I am using the T5 small model. Instead we can use the other t5 model types as well. Serach on hugging face for more details.

In [5]:
print(model)

T5ForConditionalGeneration(
  (shared): Embedding(32128, 512)
  (encoder): T5Stack(
    (embed_tokens): Embedding(32128, 512)
    (block): ModuleList(
      (0): T5Block(
        (layer): ModuleList(
          (0): T5LayerSelfAttention(
            (SelfAttention): T5Attention(
              (q): Linear(in_features=512, out_features=512, bias=False)
              (k): Linear(in_features=512, out_features=512, bias=False)
              (v): Linear(in_features=512, out_features=512, bias=False)
              (o): Linear(in_features=512, out_features=512, bias=False)
              (relative_attention_bias): Embedding(32, 8)
            )
            (layer_norm): T5LayerNorm()
            (dropout): Dropout(p=0.1, inplace=False)
          )
          (1): T5LayerFF(
            (DenseReluDense): T5DenseActDense(
              (wi): Linear(in_features=512, out_features=2048, bias=False)
              (wo): Linear(in_features=2048, out_features=512, bias=False)
              (dropout): Drop

In [25]:
def summerize(model, tokenizer, device, max_length, text):

    preprocessed_text = text.strip().replace('\n', '')
    t5_prepared = f'summerize: {text}'

    t5_tokenized_text = tokenizer.encode(t5_prepared, return_tensors='pt').to(device)

    print("t5 prepared text: ", t5_prepared)

    model_out = model.generate(t5_tokenized_text,
                                num_beams = 4,
                                no_repeat_ngram_size=2,
                                min_length=30,
                                max_length=max_length,
                                early_stopping=True)

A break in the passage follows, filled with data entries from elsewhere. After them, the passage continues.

// The name of a table's file.
ghost use Rattle.std.specs.Prelude.{◌≡◌, ◌↔◌, IsSome, IsTrue, IfSome};
ghost use Rattle.std.specs.List.{list_all};
ghost use Rattle.command_line.specs.TableNames.{is_table_byte, begins_plainly, is_table_name};

use std::marker::Model;
use std::str;

/// The name of a table's file: 1 to 64 of `A` to `Z`, `a` to `z`, `0` to `9`, `.`, `_` and `-`, of which
/// the first is a letter or a digit. Contracts see it as the list of its bytes.
#[derive(Clone, Copy)]
pub struct TableName {
    cells: [u8; 64],
    len: usize,
}

impl Model for TableName {
    ghost use Rattle.std.specs.Prelude.{◌≡◌, ℕ, ◌-◌, ◌≤◌, ◌++◌, List, length, take, drop, replicate, true};
    ghost use Rattle.pump_frame.specs.Padded.{padded_back, padded_length};
    ghost use Rattle.command_line.specs.TableNames.{is_table_name};

    ghost Value = { List ℕ };

    ghost view = { λ s. take s.len s.cells };

    // What lies past the bytes is zero, so that equal names have equal cells.
    ghost invariant = { λ s. (s.len ≤ 64) × (length s.cells ≡ 64) × (drop s.len s.cells ≡ replicate (64 - s.len) 0)
        × (is_table_name (take s.len s.cells) ≡ true) };

    ghost inverse = { λ bytes. record { cells = bytes ++ replicate (64 - length bytes) 0; len = length bytes } };

    ghost inverse_ok = { λ s h i. record {
      cells = padded_back 64 s.cells s.len h.1 h.0 h.2 i;
      len = padded_length 64 s.cells s.len h.1 h.0 i;
    } };
}

fn is_table_byte(byte: u8) -> bool
    ensures { result ≡ is_table_byte byte }
{
    byte.is_ascii_alphanumeric() || byte == b'.' || byte == b'_' || byte == b'-'
}

fn are_table_bytes(bytes: &[u8]) -> bool
    ensures { result ≡ list_all is_table_byte bytes.now }
{
    bytes.iter().all(|byte| is_table_byte(*byte))
}

fn begins_plainly(bytes: &[u8]) -> bool
    ensures { result ≡ begins_plainly bytes.now }
{
    match bytes {
        [] => false,
        [first, ..] => first.is_ascii_alphanumeric(),
    }
}

fn is_table_name(bytes: &[u8]) -> bool
    ensures { result ≡ is_table_name bytes.now }
{
    bytes.len() <= 64 && begins_plainly(bytes) && are_table_bytes(bytes)
}

impl TableName {
    /// The name that is written so; `None` exactly where the text is no name of a table.
    pub fn from_text(text: &str) -> Option<TableName>
        ensures some { IsSome result ↔ IsTrue (is_table_name text.now) }
        ensures value { IfSome result (λ name. name ≡ text.now) }
    {
        let bytes = text.as_bytes();
        if !is_table_name(bytes) {
            return None;
        }
        let mut cells = [0; 64];
        cells[..bytes.len()].copy_from_slice(bytes);
        Some(TableName {
            cells,
            len: bytes.len(),
        })
    }

    /// Its text.
    pub fn as_str(&self) -> &str
        ensures value { result.now ≡ self.now }
        ensures name { IsTrue (is_table_name result.now) }
    {
        match str::from_utf8(&self.cells[..self.len]) {
            Ok(text) => text,
            Err(_) => unreachable!("a name of a table is ASCII"),
        }
    }
}
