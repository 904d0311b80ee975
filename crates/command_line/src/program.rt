// A command as `clap` is told of it. Of the commands only the one that the words name is made: that is
// a tenth of the work of making all of them.
ghost use Rattle.std.specs.Prelude.{◌≡◌, IfOk, IsSomeAnd, false};
ghost use Rattle.clap.specs.Words.{app_of};
ghost use Rattle.clap.specs.Walk.{rule_of};
ghost use Rattle.clap.specs.declared.builder.command.Command.TheViews.{out-Command};
ghost use Rattle.clap.specs.Simple.{App, with_rule, with_subcommand};
ghost use Rattle.command_line.specs.Program.{value_rule, leaf_none, leaf, leaf_of, bare, alone};
ghost use Rattle.command_line.specs.Commands.{name_of};
ghost use Rattle.command_line.specs.declared.command.Command.{Command as Commands};

use clap::{Arg, Command as Program};
use std::alloc::{AllocError, Global};

/// A value that has to be there.
fn value<'a>(alloc: Global, id: &'a str) -> Arg<'a>
    ensures rule { rule_of result ≡ value_rule id.entry.now }
    ensures local { result.global ≡ false }
{
    Arg::new(alloc, id).required(true)
}

/// A command of its name alone.
fn plain<'a>(alloc: Global, name: &'a str) -> Program<'a>
    ensures app { app_of result ≡ leaf_none name.entry.now }
    ensures local { (out-Command result).has_globals ≡ false }
{
    Program::new(alloc, name)
}

/// A command with one more value. It is handed in as it is made, as in `with`.
fn with_value<'a>(
    alloc: Global,
    command: Result<Program<'a>, AllocError>,
    id: &'a str,
) -> Result<Program<'a>, AllocError>
    ensures app { (known : App) → IfOk command.entry (λ c. app_of c ≡ known)
        → IfOk result (λ c. app_of c ≡ with_rule known (value_rule id.entry.now)) }
    ensures local { IfOk command.entry (λ c. (out-Command c).has_globals ≡ false)
        → IfOk result (λ c. (out-Command c).has_globals ≡ false) }
{
    match command {
        Ok(command) => command.arg(value(alloc, id)),
        Err(error) => Err(error),
    }
}

/// A command of its name and these values, in their order.
fn leaf<'a>(alloc: Global, name: &'a str, ids: &[&'a str]) -> Result<Program<'a>, AllocError>
    ensures app { IfOk result (λ c. app_of c ≡ leaf name.entry.now ids.now) }
    ensures local { IfOk result (λ c. (out-Command c).has_globals ≡ false) }
{
    let mut command = Ok(plain(alloc, name));
    for &id in ids {
        command = with_value(alloc, command, id);
    }
    command
}

/// The program, before its commands, without clap's words for help.
fn bare<'a>(alloc: Global) -> Program<'a>
    ensures app { app_of result ≡ bare }
    ensures local { (out-Command result).has_globals ≡ false }
{
    plain(alloc, "netpump")
        .no_binary_name(true)
        .disable_help_flag(true)
        .disable_help_subcommand(true)
}

/// The program with one more command, which is handed in as it was made.
fn with<'a>(
    above: Program<'a>,
    command: Result<Program<'a>, AllocError>,
) -> Result<Program<'a>, AllocError>
    requires { IfOk command (λ c. (out-Command c).has_globals ≡ false) }
    ensures { (known leaf : App) → app_of above.entry ≡ known → IfOk command.entry (λ c. app_of c ≡ leaf)
        → IfOk result (λ all. app_of all ≡ with_subcommand known leaf.top) }
{
    match command {
        Ok(command) => above.subcommand(command),
        Err(error) => {
            // One call, where the end of the match would let go of each field.
            drop(above);
            Err(error)
        }
    }
}

/// The values of the command of this name, in their order.
pub(crate) fn values_of(name: &str) -> Option<&'static [&'static str]>
    ensures { (c : Commands) → name.now ≡ name_of c → IsSomeAnd result (λ ids. leaf name.now ids.now ≡ leaf_of c) }
{
    match name {
        "replay" | "audit" | "compare" | "chain" => Some(&[]),
        "format" | "show" | "wrap" | "unwrap" | "status" => Some(&["TABLE", "S"]),
        "serve" | "receive" | "send" | "append" => Some(&["TABLE", "S", "LOOKS"]),
        "drop" | "collect" => Some(&["TABLE", "S", "LOOKS", "FOLDER"]),
        "exercise" => Some(&["SEED", "COUNT"]),
        "race" => Some(&["SEED", "COUNT", "TIMES"]),
        "migrate" => Some(&["TABLE", "S", "NEWTABLE", "T"]),
        "messages" => Some(&["TABLE", "S", "FROM"]),
        _ => None,
    }
}

/// The program with the command of this name and these values alone. An error is want of memory.
pub(crate) fn program<'a>(
    alloc: Global,
    name: &'a str,
    ids: &[&'a str],
) -> Result<Program<'a>, AllocError>
    ensures { IfOk result (λ c. app_of c ≡ alone (leaf name.entry.now ids.now)) }
{
    with(bare(alloc), leaf(alloc, name, ids))
}
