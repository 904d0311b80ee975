// Whether words are a command, in its one spelling.
ghost use Rattle.std.specs.Prelude.{◌≡◌, ℕ, List, [], ◌∷◌, map, string_bytes, decimal, IfSome, IfNone, IsTrue, ◌↔◌};
ghost use Rattle.command_line.specs.Commands.{IsCommand, words_of};
ghost use Rattle.command_line.specs.TimeLists.{AreTimes, times_word};

use crate::times::are_times;
use crate::{Command, TableName};

/// The words after the first, where that is this text.
fn after<'a>(words: &'a [String], text: &str) -> Option<&'a [String]>
    ensures some { IfSome result (λ rest. map string_bytes words.entry.now ≡ text.now ∷ map string_bytes rest.now) }
    ensures none { IfNone result ((rest : List (List ℕ)) → map string_bytes words.entry.now ≡ text.now ∷ rest → ⊥) }
{
    match words {
        [] => None,
        [first, rest @ ..] => {
            if first.as_str() == text {
                Some(rest)
            } else {
                None
            }
        }
    }
}

fn is_one(words: &[String], name: &str) -> bool
    ensures { IsTrue result ↔ (map string_bytes words.now ≡ name.now ∷ []) }
{
    let Some(words) = after(words, name) else {
        return false;
    };
    words.is_empty()
}

fn are_two(words: &[String], name: &str, first: &str) -> bool
    ensures { IsTrue result ↔ (map string_bytes words.now ≡ name.now ∷ first.now ∷ []) }
{
    match after(words, name) {
        Some(rest) => is_one(rest, first),
        None => false,
    }
}

/// The words after the first three, where those are these texts.
fn after_three<'a>(
    words: &'a [String],
    name: &str,
    first: &str,
    second: &str,
) -> Option<&'a [String]>
    ensures some { IfSome result (λ rest. map string_bytes words.entry.now
        ≡ name.now ∷ first.now ∷ second.now ∷ map string_bytes rest.now) }
    ensures none { IfNone result ((rest : List (List ℕ)) → map string_bytes words.entry.now
        ≡ name.now ∷ first.now ∷ second.now ∷ rest → ⊥) }
{
    after(after(after(words, name)?, first)?, second)
}

fn are_three(words: &[String], name: &str, first: &str, second: &str) -> bool
    ensures { IsTrue result ↔ (map string_bytes words.now ≡ name.now ∷ first.now ∷ second.now ∷ []) }
{
    match after_three(words, name, first, second) {
        Some(rest) => rest.is_empty(),
        None => false,
    }
}

fn are_four(words: &[String], name: &str, first: &str, second: &str, third: &str) -> bool
    ensures { IsTrue result ↔ (map string_bytes words.now ≡ name.now ∷ first.now ∷ second.now ∷ third.now ∷ []) }
{
    match after_three(words, name, first, second) {
        Some(rest) => is_one(rest, third),
        None => false,
    }
}

fn are_five(
    words: &[String],
    name: &str,
    first: &str,
    second: &str,
    third: &str,
    fourth: &str,
) -> bool
    ensures { IsTrue result ↔ (map string_bytes words.now
        ≡ name.now ∷ first.now ∷ second.now ∷ third.now ∷ fourth.now ∷ []) }
{
    match after_three(words, name, first, second) {
        Some(rest) => are_two(rest, third, fourth),
        None => false,
    }
}

fn are_timed(words: &[String], name: &str, first: &str, second: &str, times: &[u32]) -> bool
    requires { AreTimes times.now }
    ensures { IsTrue result ↔ (map string_bytes words.now ≡ name.now ∷ first.now ∷ second.now ∷ times_word
        times.now ∷ []) }
{
    match after_three(words, name, first, second) {
        Some([word]) => are_times(word.as_str(), times),
        _ => false,
    }
}

/// Are these words the command of this name for a session of a table?
fn name_session(words: &[String], name: &str, table: &TableName, session: u32) -> bool
    ensures { IsTrue result ↔ (map string_bytes words.now ≡ name.now ∷ table.now ∷ decimal session ∷ []) }
{
    let mut number = itoa::Buffer::new();
    are_three(words, name, table.as_str(), number.format(session))
}

/// Are they one that has a number behind it?
fn name_number(words: &[String], name: &str, table: &TableName, session: u32, number: u32) -> bool
    ensures { IsTrue result ↔ (map string_bytes words.now ≡ name.now ∷ table.now ∷ decimal session ∷ decimal
        number ∷ []) }
{
    let mut one = itoa::Buffer::new();
    let mut two = itoa::Buffer::new();
    are_four(
        words,
        name,
        table.as_str(),
        one.format(session),
        two.format(number),
    )
}

/// Are they one that has a number and another name behind it?
fn name_folder(
    words: &[String],
    name: &str,
    table: &TableName,
    numbers: (u32, u32),
    folder: &TableName,
) -> bool
    ensures { IsTrue result ↔ (map string_bytes words.now ≡ name.now ∷ table.now ∷ decimal numbers.0 ∷ decimal
        numbers.1 ∷ folder.now ∷ []) }
{
    let mut one = itoa::Buffer::new();
    let mut two = itoa::Buffer::new();
    are_five(
        words,
        name,
        table.as_str(),
        one.format(numbers.0),
        two.format(numbers.1),
        folder.as_str(),
    )
}

/// Are these the words of the command?
pub(crate) fn is_spelled(command: &Command, words: &[String]) -> bool
    requires { IsCommand command.now }
    ensures { IsTrue result ↔ (map string_bytes words.now ≡ words_of command.now) }
{
    let mut one = itoa::Buffer::new();
    let mut two = itoa::Buffer::new();
    match command {
        Command::Replay => is_one(words, "replay"),
        Command::Audit => is_one(words, "audit"),
        Command::Chain => is_one(words, "chain"),
        Command::Compare => is_one(words, "compare"),
        Command::Format { table, session } => name_session(words, "format", table, *session),
        Command::Show { table, session } => name_session(words, "show", table, *session),
        Command::Wrap { table, session } => name_session(words, "wrap", table, *session),
        Command::Unwrap { table, session } => name_session(words, "unwrap", table, *session),
        Command::Status { table, session } => name_session(words, "status", table, *session),
        Command::Messages {
            table,
            session,
            from,
        } => name_number(words, "messages", table, *session, *from),
        Command::Serve {
            table,
            session,
            looks,
        } => name_number(words, "serve", table, *session, *looks),
        Command::Receive {
            table,
            session,
            looks,
        } => name_number(words, "receive", table, *session, *looks),
        Command::Send {
            table,
            session,
            looks,
        } => name_number(words, "send", table, *session, *looks),
        Command::Append {
            table,
            session,
            looks,
        } => name_number(words, "append", table, *session, *looks),
        Command::DropFiles {
            table,
            session,
            looks,
            folder,
        } => name_folder(words, "drop", table, (*session, *looks), folder),
        Command::CollectFiles {
            table,
            session,
            looks,
            folder,
        } => name_folder(words, "collect", table, (*session, *looks), folder),
        Command::Exercise { seed, count } => are_three(
            words,
            "exercise",
            one.format(*seed),
            two.format(*count),
        ),
        Command::Race { seed, count, times } => are_timed(
            words,
            "race",
            one.format(*seed),
            two.format(*count),
            times.as_slice(),
        ),
        Command::Migrate {
            table,
            session,
            new_table,
            new_session,
        } => are_five(
            words,
            "migrate",
            table.as_str(),
            one.format(*session),
            new_table.as_str(),
            two.format(*new_session),
        ),
    }
}
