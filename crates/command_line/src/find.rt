// The command that the words are.
ghost use Rattle.std.specs.Prelude.{◌≡◌, ◌⊎◌, ℕ, List, [], ◌∷◌, map, string_bytes, IfOk, IfSome, IfNone, Ok, Err};
ghost use Rattle.clap.specs.Words.{app_of};
ghost use Rattle.command_line.specs.Commands.{AreWordsOf};
ghost use Rattle.command_line.specs.Found.{Finds};
ghost use Rattle.command_line.specs.Program.{program_of};
ghost use Rattle.command_line.specs.declared.command.Command.{Command as Commands};

use crate::program::{program, values_of};
use crate::spelling::is_spelled;
use crate::values::with_values;
use crate::{Command, WordsFault};
use clap::error::ErrorKind;
use clap::{ArgMatches, Command as Program};
use std::alloc::Global;

// clap may take more than a command's words, so the words are compared with those of what it found.
fn found_in(matches: &ArgMatches, words: &[String]) -> Result<Command, WordsFault>
    ensures found { IfOk result (λ c. AreWordsOf (map string_bytes words.now) c) }
    ensures refused { result ≡ Err WordsFault.NoCommand → (c : Commands) → AreWordsOf (map string_bytes words.now) c
        → Finds c matches.now → ⊥ }
    ensures free { result ≡ Err WordsFault.Memory → ⊥ }
{
    let Some((name, values)) = matches.subcommand() else {
        return Err(WordsFault::NoCommand);
    };
    let Some(command) = with_values(name, values) else {
        return Err(WordsFault::NoCommand);
    };
    if is_spelled(&command, words) {
        Ok(command)
    } else {
        Err(WordsFault::NoCommand)
    }
}

/// The first word, if there is one.
fn first(words: &[String]) -> Option<&str>
    ensures some { IfSome result (λ name. (rest : List (List ℕ)) × (map string_bytes words.now ≡ name.now ∷ rest)) }
    ensures none { IfNone result (map string_bytes words.now ≡ []) }
{
    match words {
        [] => None,
        [name, ..] => Some(name.as_str()),
    }
}

/// The program with the command that the first of these words names.
fn program_for<'a>(alloc: Global, words: &'a [String]) -> Result<Program<'a>, WordsFault>
    ensures made { IfOk result (λ p. (c : Commands) → AreWordsOf (map string_bytes words.entry.now) c
        → app_of p ≡ program_of c) }
    ensures refused { result ≡ Err WordsFault.NoCommand → (c : Commands)
        → AreWordsOf (map string_bytes words.entry.now) c → ⊥ }
{
    let Some(name) = first(words) else {
        return Err(WordsFault::NoCommand);
    };
    let Some(ids) = values_of(name) else {
        return Err(WordsFault::NoCommand);
    };
    match program(alloc, name, ids) {
        Ok(program) => Ok(program),
        Err(_) => Err(WordsFault::Memory),
    }
}

fn found(alloc: Global, words: &[String]) -> Result<Command, WordsFault>
    ensures found { IfOk result (λ c. AreWordsOf (map string_bytes words.now) c) }
    ensures refused { result ≡ Err WordsFault.NoCommand → (c : Commands) → AreWordsOf (map string_bytes words.now) c
        → ⊥ }
{
    let program = match program_for(alloc, words) {
        Ok(program) => program,
        Err(fault) => return Err(fault),
    };
    match program.try_get_matches_from(words) {
        Ok(matches) => found_in(&matches, words),
        Err(error) => match error.kind() {
            ErrorKind::OutOfMemory => Err(WordsFault::Memory),
            _ => Err(WordsFault::NoCommand),
        },
    }
}

/// The command that the words after the program's name are, each in its one spelling: numbers are
/// decimal, without a sign and without leading zeros. `NoCommand` comes exactly where no command is
/// spelled so. `Memory` may come at any words.
pub fn command_of(alloc: Global, words: &[String]) -> Result<Command, WordsFault>
    ensures found { IfOk result (λ c. AreWordsOf (map string_bytes words.now) c) }
    ensures command { (c : Commands) → AreWordsOf (map string_bytes words.now) c → (result ≡ Ok c)
        ⊎ (result ≡ Err WordsFault.Memory) }
{
    found(alloc, words)
}
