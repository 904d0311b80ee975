// The commands with their values, and why words give none.
use crate::TableName;
use arrayvec::ArrayVec;

/// What the words ask for.
#[derive(Drop)]
pub enum Command {
    /// Replays the script.
    Replay,
    /// Formats the three empty disks of a session of the table.
    Format {
        /// The file with the table.
        table: TableName,
        /// The id of its row.
        session: u32,
    },
    /// Shows what the disks of a session of the table stand for.
    Show {
        /// The file with the table.
        table: TableName,
        /// The id of its row.
        session: u32,
    },
    /// Runs lines that are made from a number.
    Exercise {
        /// The number that they are made from.
        seed: u32,
        /// How many messages they have, 1 to 100000.
        count: u32,
    },
    /// Runs both sides of a relay in two threads.
    Race {
        /// The number that the messages and the delays are made from.
        seed: u32,
        /// How many messages there are, 1 to 100000.
        count: u32,
        /// How long the receiver takes for each of them, in turn: 1 to 16 times in microseconds, each
        /// at most 10^9.
        times: ArrayVec<u32, 16>,
    },
    /// Serves a session of the table over TCP: both sides of its relay, each in a thread of its own.
    Serve {
        /// The file with the table.
        table: TableName,
        /// The id of its row.
        session: u32,
        /// How many rounds each side makes, at least 1.
        looks: u32,
    },
    /// Receives the messages of a session of the table over TCP, as the party High.
    Receive {
        /// The file with the table.
        table: TableName,
        /// The id of its row.
        session: u32,
        /// How many looks at the link there are at most, at least 1.
        looks: u32,
    },
    /// Sends messages to a session of the table over TCP, as the party Low.
    Send {
        /// The file with the table.
        table: TableName,
        /// The id of its row.
        session: u32,
        /// How many looks at the link an answer is waited for at most, at least 1.
        looks: u32,
    },
    /// Sends the messages of a stream to a session of the table over TCP, and connects again where a
    /// connection breaks.
    Append {
        /// The file with the table.
        table: TableName,
        /// The id of its row.
        session: u32,
        /// How many looks at links and attempts to connect are made at most, at least 1.
        looks: u32,
    },
    /// Sends the files of a folder to a session of the table over TCP, as the party Low.
    DropFiles {
        /// The file with the table.
        table: TableName,
        /// The id of its row.
        session: u32,
        /// How many looks at the link there are at most, at least 1.
        looks: u32,
        /// The folder.
        folder: TableName,
    },
    /// Puts the files that come over a session of the table into a folder, as the party High.
    CollectFiles {
        /// The file with the table.
        table: TableName,
        /// The id of its row.
        session: u32,
        /// How many looks at the link there are at most, at least 1.
        looks: u32,
        /// The folder.
        folder: TableName,
    },
    /// Writes a session of the table on the empty disks of another one, which may be of another table.
    Migrate {
        /// The file with the table.
        table: TableName,
        /// The id of its row.
        session: u32,
        /// The file with the table of the new session.
        new_table: TableName,
        /// The id of its row there.
        new_session: u32,
    },
    /// Sends a file over the pump of a session of the table.
    Wrap {
        /// The file with the table.
        table: TableName,
        /// The id of its row.
        session: u32,
    },
    /// Writes the file that the messages with the receiver of a session of the table are.
    Unwrap {
        /// The file with the table.
        table: TableName,
        /// The id of its row.
        session: u32,
    },
    /// Prints the messages with the receiver of a session of the table, from a number on.
    Messages {
        /// The file with the table.
        table: TableName,
        /// The id of its row.
        session: u32,
        /// The number of the first message that is printed.
        from: u32,
    },
    /// Tells how many messages a session of the table has accepted, removed and received, and how full its
    /// relay is.
    Status {
        /// The file with the table.
        table: TableName,
        /// The id of its row.
        session: u32,
    },
    /// Checks a record.
    Audit,
    /// Compares Low's side of two records.
    Compare,
    /// Replays the script of two pumps in a row.
    Chain,
}

/// Why the words give no command.
#[derive(Clone, Copy, PartialEq, Eq, Debug)]
pub enum WordsFault {
    /// No command is spelled so.
    NoCommand,
    /// Memory ran out while they were read.
    Memory,
}
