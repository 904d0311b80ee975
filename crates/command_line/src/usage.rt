//! How the commands are typed, and what may stand for their values.

use std::fmt;

/// The commands: each with its words, and a line on what it does.
pub const COMMAND_LINES: &str = "type one of these after the program's name:
  replay                        reads a script from standard input and prints its transcript, as in: netpump replay < \
                                SCRIPT
  format TABLE S                formats the three empty disks of session S, which has a row in the file TABLE
  show TABLE S                  prints the counts of session S, and the messages on its low disk that are not removed
  exercise SEED COUNT           runs COUNT messages (1 to 100000) that are made from the number SEED, and prints a \
                                summary
  race SEED COUNT TIMES         runs such messages with both sides in threads of their own, and prints a record of \
                                Low's side
  serve TABLE S LOOKS           relays session S over the two ports of its row, both on 127.0.0.1, and prints a record \
                                of Low's side; each side makes LOOKS rounds
  receive TABLE S LOOKS         takes the messages of session S from its relay, and prints a line for each; it ends \
                                after LOOKS looks at the link
  send TABLE S LOOKS            sends the messages on standard input, a line of hexadecimal digits each, to the relay \
                                of session S, and prints a line for each that is stored; it waits LOOKS looks at most \
                                for an answer
  append TABLE S LOOKS          sends each line on standard input as a new message of session S, connects again where \
                                a connection breaks, and at its end prints how many lines are stored; LOOKS is how \
                                many looks and attempts to connect it makes at most
  drop TABLE S LOOKS FOLDER     sends the files of the folder FOLDER over the relay of session S, one after another, \
                                prints a line for each, and removes each once all of it is stored; it ends after LOOKS \
                                looks at the link
  collect TABLE S LOOKS FOLDER  puts the files that come from the relay of session S into the folder FOLDER, each when \
                                it is whole, and prints a line for each; it ends after LOOKS looks at the link
  migrate TABLE S NEWTABLE T    writes what session S has on the three empty disks of session T, which has a row in \
                                the file NEWTABLE, and changes none of its own
  wrap TABLE S                  sends the file on standard input over the pump of session S until its receiver has all \
                                of it, as in: netpump wrap TABLE S < FILE
  unwrap TABLE S                writes the file that the messages with the receiver of session S are, and nothing else
  messages TABLE S FROM         prints a line for each message that the receiver of session S has, from number FROM \
                                on, where 0 is the first; it may run beside the receiver
  status TABLE S                prints how many messages session S has accepted, removed and received, how many lie in \
                                its relay, and how many may; it may run beside the relay
  audit                         checks the record on standard input, and prints that it is clean, or the first line \
                                that is wrong and its cause, as in: netpump audit < RECORD
  compare                       compares Low's side of two records on standard input, with a line '# compare' between \
                                them, and prints that they agree, or the first item that differs
  chain                         reads a script of two sessions from standard input, of which the second one sends on \
                                what the receiver of the first one has, and prints its transcript, as in: netpump \
                                chain < SCRIPT";

const FILE: &str = "the name of a file in this folder";

const FOLDER: &str = "the name of a folder in this one";

const NAME: &str =
    "1 to 64 letters, digits, dots, underscores and dashes, the first a letter or a digit";

const TIMES: &str =
    "1 to 16 numbers up to 1000000000 with commas between, as 50,700,20: how many microseconds the \
    receiver takes for each message in turn";

const IDLE: &str = "a look or a round that finds nothing takes about a millisecond";

/// What may stand for the value of this name.
#[derive(Clone, Copy)]
pub struct Wanted<'a>(pub &'a str);

impl fmt::Display for Wanted<'_> {
    fn fmt<W: fmt::Write>(&self, f: &mut fmt::Formatter<W>) -> fmt::Result {
        match self.0 {
            "TABLE" | "NEWTABLE" => write!(f, "{FILE}: {NAME}"),
            "FOLDER" => write!(f, "{FOLDER}: {NAME}"),
            "LOOKS" => write!(
                f,
                "a number from 1 to 4294967295, without zeros before it; {IDLE}"
            ),
            "COUNT" => f.write_str("a number from 1 to 100000, without zeros before it"),
            "TIMES" => f.write_str(TIMES),
            _ => f.write_str(
                "a number below 4294967296, without a sign and without zeros before it",
            ),
        }
    }
}

/// The commands, and what may stand for all their values.
#[derive(Clone, Copy)]
pub struct Usage;

impl fmt::Display for Usage {
    fn fmt<W: fmt::Write>(&self, f: &mut fmt::Formatter<W>) -> fmt::Result {
        write!(
            f,
            "{COMMAND_LINES}
TABLE is {FILE}: {NAME}. NEWTABLE is spelled alike, and so is FOLDER, {FOLDER}. TIMES are {TIMES}. LOOKS is at least \
            1; {IDLE}. Numbers are written without a sign and without zeros before them, and are below 2^32"
        )
    }
}
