//! The law that no words are two commands.

ghost use Rattle.std.specs.Prelude.{◌≡◌, ℕ, List};
ghost use Rattle.command_line.specs.Commands.{AreWordsOf};
ghost use Rattle.command_line.specs.declared.command.Command.{Command};

/// No words are two commands.
pub fn words_are_one_command()
    ensures { (words : List (List ℕ)) (c d : Command) → AreWordsOf words c → AreWordsOf words d → c ≡ d }
{}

    output = tokenizer.decode(model_out[0], skip_special_tokens=True)
    return output

In [28]:
text ="""
Less than a decade after helping the Allied Forces win World War II by breaking the Nazi encryption machine Enigma, mathematician Alan Turing changed history a second time with a simple question: “Can machines think?” 
Turing’s 1950 paper “Computing Machinery and Intelligence” and its subsequent Turing Test established the fundamental goal and vision of AI.   
At its core, AI is the branch of computer science that aims to answer Turing’s question in the affirmative. It is the endeavor to replicate or simulate human intelligence in machines. The expansive goal of AI has given rise to many questions and debates. So much so that no singular definition of the field is universally accepted.
"""

In [29]:
summerize(model, tokenizer, device, 200, text)

t5 prepared text:  summerize: 
Less than a decade after helping the Allied Forces win World War II by breaking the Nazi encryption machine Enigma, mathematician Alan Turing changed history a second time with a simple question: “Can machines think?” 
Turing’s 1950 paper “Computing Machinery and Intelligence” and its subsequent Turing Test established the fundamental goal and vision of AI.   
At its core, AI is the branch of computer science that aims to answer Turing’s question in the affirmative. It is the endeavor to replicate or simulate human intelligence in machines. The expansive goal of AI has given rise to many questions and debates. So much so that no singular definition of the field is universally accepted.



'World War II by breaking the Nazi encryption machine Enigma. Turing’s 1950 paper “Computing Machinery and Intelligence” and its subsequent Toring Test established the fundamental goal and vision of AI. At its core, AI is the branch of computer science that aims to answer the question in the affirmative.'

hmm, interesting!

This is with the t5 small model. We can expect  better results with larger model. But based on the datasets the model got trained result may vary on different types of inputs. So its better to explore such aspects as well.